----- Information supplied

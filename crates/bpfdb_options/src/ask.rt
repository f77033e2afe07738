//! What is asked of FILE: a subcommand, and its options.
ghost use Rattle.std.specs.Prelude.{◌≡◌};
ghost use Rattle.bpfdb_options.specs.Asks.{is_context, is_trace, subcommand_for};

use crate::registers::Registers;
use crate::subcommand::Subcommand;
use crate::test_part::TestPart;

/// The most lines of an answer where no number is given.
pub const DEFAULT_LINES: u64 = 1_000;

/// How far an answer about values goes.
#[derive(Clone, Copy)]
pub struct Scope {
    /// The most lines of it, 1 to 1,000,000,000.
    pub lines: u64,
    /// It follows the registers that make addresses, too.
    pub addresses: bool,
}

/// What is asked of a run that is told.
#[derive(Clone, Copy)]
pub struct TraceAsk {
    /// The number of the first step that is shown, 1 to 1,000,000,000.
    pub from: u64,
    /// The most steps that are shown, 1 to 1,000,000,000.
    pub count: u64,
    /// Of these, conditional jumps alone.
    pub only_branches: bool,
    /// How often each instruction runs is told, in place of the steps.
    pub is_profile: bool,
    /// The calls that leave FILE's own code are told, in place of the steps.
    pub is_calls: bool,
    /// The run stops at the first read of the stack where nothing was written since the call.
    pub is_strict: bool,
    /// Steps are told as objects of JSON.
    pub is_json: bool,
}

/// What is asked of a session, besides its replies as they are.
#[derive(Clone, Copy)]
pub struct ConversationAsk {
    /// Lines may ask where a value came from and why a slot was not come to.
    pub asks: bool,
    /// Each reply is a line of JSON, with the number of the script's line that it answers.
    pub is_json: bool,
    /// Behind no edit it stops at the first read of the stack where nothing was written since the call.
    pub is_strict: bool,
}

/// What is asked of values.
#[derive(Clone, Copy)]
pub struct OriginAsk<'a> {
    /// The places, as `r1` or `0x200000000:8`; without them what is of interest where the machine
    /// stands.
    pub what: Option<&'a str>,
    pub scope: Scope,
    /// The branches that decided it are told, too.
    pub tells_branches: bool,
    /// The run ends before the first read of the stack where nothing was written since the call.
    pub is_strict: bool,
}

/// What is asked of slots that a program did not come to.
#[derive(Clone, Copy)]
pub struct WhynotAsk<'a> {
    /// The slots, as `5,7`, or their place in C or in a listing.
    pub what: Option<&'a str>,
    pub scope: Scope,
    /// Where the values came from that decided it is left out.
    pub alone: bool,
    /// The run ends before the first read of the stack where nothing was written since the call.
    pub is_strict: bool,
}

/// What a run is compared with.
#[derive(Clone, Copy)]
pub enum OtherSide {
    /// The run of a second program.
    Program,
    /// The same program's run on a second context.
    Context,
    /// The trace of another machine.
    Trace,
}

impl OtherSide {
    /// Whether it is a trace.
    pub fn is_trace(&self) -> bool
        ensures { result ≡ is_trace self.now }
    {
        match self {
            OtherSide::Trace => true,
            _ => false,
        }
    }

    /// Whether it is a second context.
    pub fn is_context(&self) -> bool
        ensures { result ≡ is_context self.now }
    {
        match self {
            OtherSide::Context => true,
            _ => false,
        }
    }
}

/// What is asked of two runs.
#[derive(Clone, Copy)]
pub struct DiffAsk {
    pub other: OtherSide,
    /// What they leave for one who looks from outside is compared, and not their steps.
    pub compares_writes: bool,
    pub scope: Scope,
    /// Where the values came from that differ is left out.
    pub alone: bool,
}

/// What is asked of a file of tests.
#[derive(Clone, Copy)]
pub struct TestAsk<'a> {
    /// The name of the tests that are run; without it all are.
    pub only: Option<&'a str>,
    /// The part that is shown of the one test that is asked for; without it tests are run.
    pub show: Option<TestPart>,
    /// What ran of the programs is told behind the report on tests.
    pub covers: bool,
    /// What ran of them is told as a tracefile of lcov, and the report stands on standard error.
    pub is_tracefile: bool,
    /// Files that sections of tests name may lie anywhere, and not only in the folder of the tests or
    /// below.
    pub anywhere: bool,
}

/// What is asked of FILE.
#[derive(Clone, Copy)]
pub enum Ask<'a> {
    /// The program's result: it runs to its end, or to the limit of steps.
    Run {
        /// The run stops at the first read of the stack where nothing was written since the call.
        is_strict: bool,
    },
    /// Its run, step by step, or how often each instruction runs, or its calls.
    Trace(TraceAsk),
    /// The replies to a script of commands.
    Debug,
    /// The same, of a script whose lines may ask, or in another form, or of a strict session.
    Conversation(ConversationAsk),
    /// Where a value came from.
    Origin(OriginAsk<'a>),
    /// Why the program did not come to a slot.
    Whynot(WhynotAsk<'a>),
    /// Where two runs part.
    Diff(DiffAsk),
    /// gdb's packets, answered by what it takes for this machine.
    Gdb(Registers),
    /// The words of a listing.
    Asm,
    /// The listing of a program.
    Disasm,
    /// The table of its lines.
    Lines,
    /// Whether the program is accepted.
    Check,
    /// What was made of FILE.
    Load,
    /// The words of an object.
    Link {
        /// The object that is linked is written, and not its program.
        is_joined: bool,
    },
    /// What tests come to.
    Test(TestAsk<'a>),
    /// What cases come to, one after another.
    Batch,
}

impl<'a> Ask<'a> {
    /// The subcommand that asks it.
    pub fn subcommand(&self) -> Subcommand
        ensures { result ≡ subcommand_for self.now }
    {
        match self {
            Ask::Run { .. } => Subcommand::Run,
            Ask::Trace(_) => Subcommand::Trace,
            Ask::Debug => Subcommand::Debug,
            Ask::Conversation(_) => Subcommand::Debug,
            Ask::Origin(_) => Subcommand::Origin,
            Ask::Whynot(_) => Subcommand::Whynot,
            Ask::Diff(_) => Subcommand::Diff,
            Ask::Gdb(_) => Subcommand::Gdb,
            Ask::Asm => Subcommand::Asm,
            Ask::Disasm => Subcommand::Disasm,
            Ask::Lines => Subcommand::Lines,
            Ask::Check => Subcommand::Check,
            Ask::Load => Subcommand::Load,
            Ask::Link { .. } => Subcommand::Link,
            Ask::Test(_) => Subcommand::Test,
            Ask::Batch => Subcommand::Batch,
        }
    }
}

----------

If a line in the data holds the string "shown", copy that line.

    /// The number of the first step that is shown, 1 to 1,000,000,000.
    /// The most steps that are shown, 1 to 1,000,000,000.
    /// The part that is shown of the one test that is asked for; without it tests are run.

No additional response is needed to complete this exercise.